“The U.S. Chamber did not tell Mexico we would defend NAFTA ‘from Trump’ or that it was ‘aiming to keep Donald Trump from fulfilling his campaign threat’ as asserted in the headline and lede of the [recent Bloomberg Politics] story,” Blair Latoff Holmes, the U.S. Chamber of Commerce’s executive director of external communications, tells Breitbart News.
“In fact, Tom Donohue did not mention the president-elect in his remarks and made nothing personal.
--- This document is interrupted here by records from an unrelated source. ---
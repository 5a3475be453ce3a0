// A store is made where the words say.
ghost use Rattle.std.specs.Prelude.{◌≡◌, ◌≤◌, true};
ghost use Rattle.wse_path.specs.Limits.{standard};
ghost use Rattle.wse_apply.specs.Limit.{are_within};
ghost use Rattle.wse_stream.specs.Causes.{CountsFault};
ghost use Rattle.wse_run.specs.End.{ending_of};
ghost use Rattle.wsedit.specs.Making.{HasMadeOr};

use std::alloc::Global;
use wse_disk::{Disk, Failed, Place};
use wse_path::{Hit, Limits};
use wse_recover::{InitFault, init_store};
use wse_run::{RanStore, RunEnd};
use wse_words::Places;

/// Makes a store over the tree that the disk holds.
fn make_store<D: Disk>(alloc: Global, disk: D, limits: &Limits) -> RanStore<D>
    requires { are_within limits.now standard ≡ true }
    ensures made { HasMadeOr limits.now (D.told disk) (D.told result.disk) result.end }
    ensures later { D.moment_of disk ≤ D.moment_of result.disk }
    ensures cause { CountsFault (ending_of result.end).disk (D.faults disk) (D.faults result.disk) }
{
    match init_store(alloc, disk, limits) {
        Ok(disk) => RanStore {
            disk,
            end: RunEnd::Done,
        },
        Err(InitFault::Disk(disk)) => RanStore {
            disk,
            end: RunEnd::Disk,
        },
        Err(InitFault::TooBig { disk, which, found }) => RanStore {
            disk,
            end: RunEnd::TooBig(Hit {
                which,
                would_be: found,
            }),
        },
        Err(InitFault::Memory(disk)) => RanStore {
            disk,
            end: RunEnd::Memory,
        },
    }
}

/// Places the disk where the words say, and makes a store over the tree that it holds there.
pub fn place_and_make<D: Place>(
    alloc: Global,
    places: Places<'_>,
    disk: D,
    limits: &Limits,
) -> RanStore<D>
    requires { are_within limits.now standard ≡ true }
    ensures made { HasMadeOr limits.now (D.told disk) (D.told result.disk) result.end }
    ensures later { D.moment_of disk ≤ D.moment_of result.disk }
    ensures cause { CountsFault (ending_of result.end).disk (D.faults disk) (D.faults result.disk) }
{
    let mut disk = disk;
    match disk.place(places.tree, places.store) {
        Ok(()) => make_store(alloc, disk, limits),
        Err(Failed) => RanStore {
            disk,
            end: RunEnd::Disk,
        },
    }
}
He expressed to attendees that the Chamber is supportive of the agreement, but we’re also open to it being updated as necessary,” the spokesperson adds.
Donohue, who has served as president and chief executive officer of the politically powerful Chamber since 1997, has been a staunch supporter of the North American Free Trade Agreement (NAFTA) since it was signed by President Bill Clinton on December 8, 1993,
On Thursday, Bloomberg Politics reported in the first two paragraphs of its story on the Chamber:
The U.S. Chamber of Commerce told a closed-door gathering of Mexican and American corporate and government leaders that it is aiming to keep Donald Trump from fulfilling his campaign threat to tear up the North American Free Trade Agreement, according to three people with direct knowledge of the matter.
Tom Donohue, head of the biggest U.S. business lobbying organization, told members of the U.S.-Mexico CEO Dialogue in Mexico City on Wednesday not to panic and to wait and see what the president-elect proposes once he takes office, said the three people, who spoke about the private event on condition of anonymity. The audience included cabinet officials from President Enrique Pena Nieto’s administration, U.S. Secretary of Commerce Penny Pritzker, and more than 100 business and government leaders.
“No, the first paragraph [of the Bloomberg Politics story] is not accurate,” Latoff Holmes tells Breitbart News.
“If this is the portion of the Bloomberg story you are reporting on, I want to direct your attention to my quote later in the [Bloomberg Politics] story,” she added:
“There is no divide between the Chamber and the president-elect,” Latoff Holmes said in an e-mail. “We are looking forward to working with the new administration on pro-growth policies that will help American companies and communities thrive.”
President-elect Trump has made the renegotiation of NAFTA one of the keystones of his campaign to “Make America Great Again.”
As Breitbart News reported in September:
During an interview with 60 Minutes, GOP frontrunner Donald Trump was questioned about the North American Free Trade Agreement (NAFTA), calling it a “disaster” and saying America needs “fair trade,” not “free trade.”
Trump told interviewer Scott Pelley that NAFTA is “a disaster” and the agreement shouldn’t exist.
“Soon after Donald J. Trump became President-Elect, Mexico’s Foreign Relations Minister Claudia Ruiz Massieu said her country was willing to ‘modernize’ the North American Free Trade Agreement, AFP reported, ” Breitbart News noted on November 10, two days after Trump was elected President of the United States.
President-elect Trump and the Chamber’s Donohue have well known reputations as tough negotiators.
Donohue is expected to lead the charge for American and Mexican corporations who want to “modernize” NAFTA in negotiations with the incoming Trump administration in a way that will safeguard their future interests.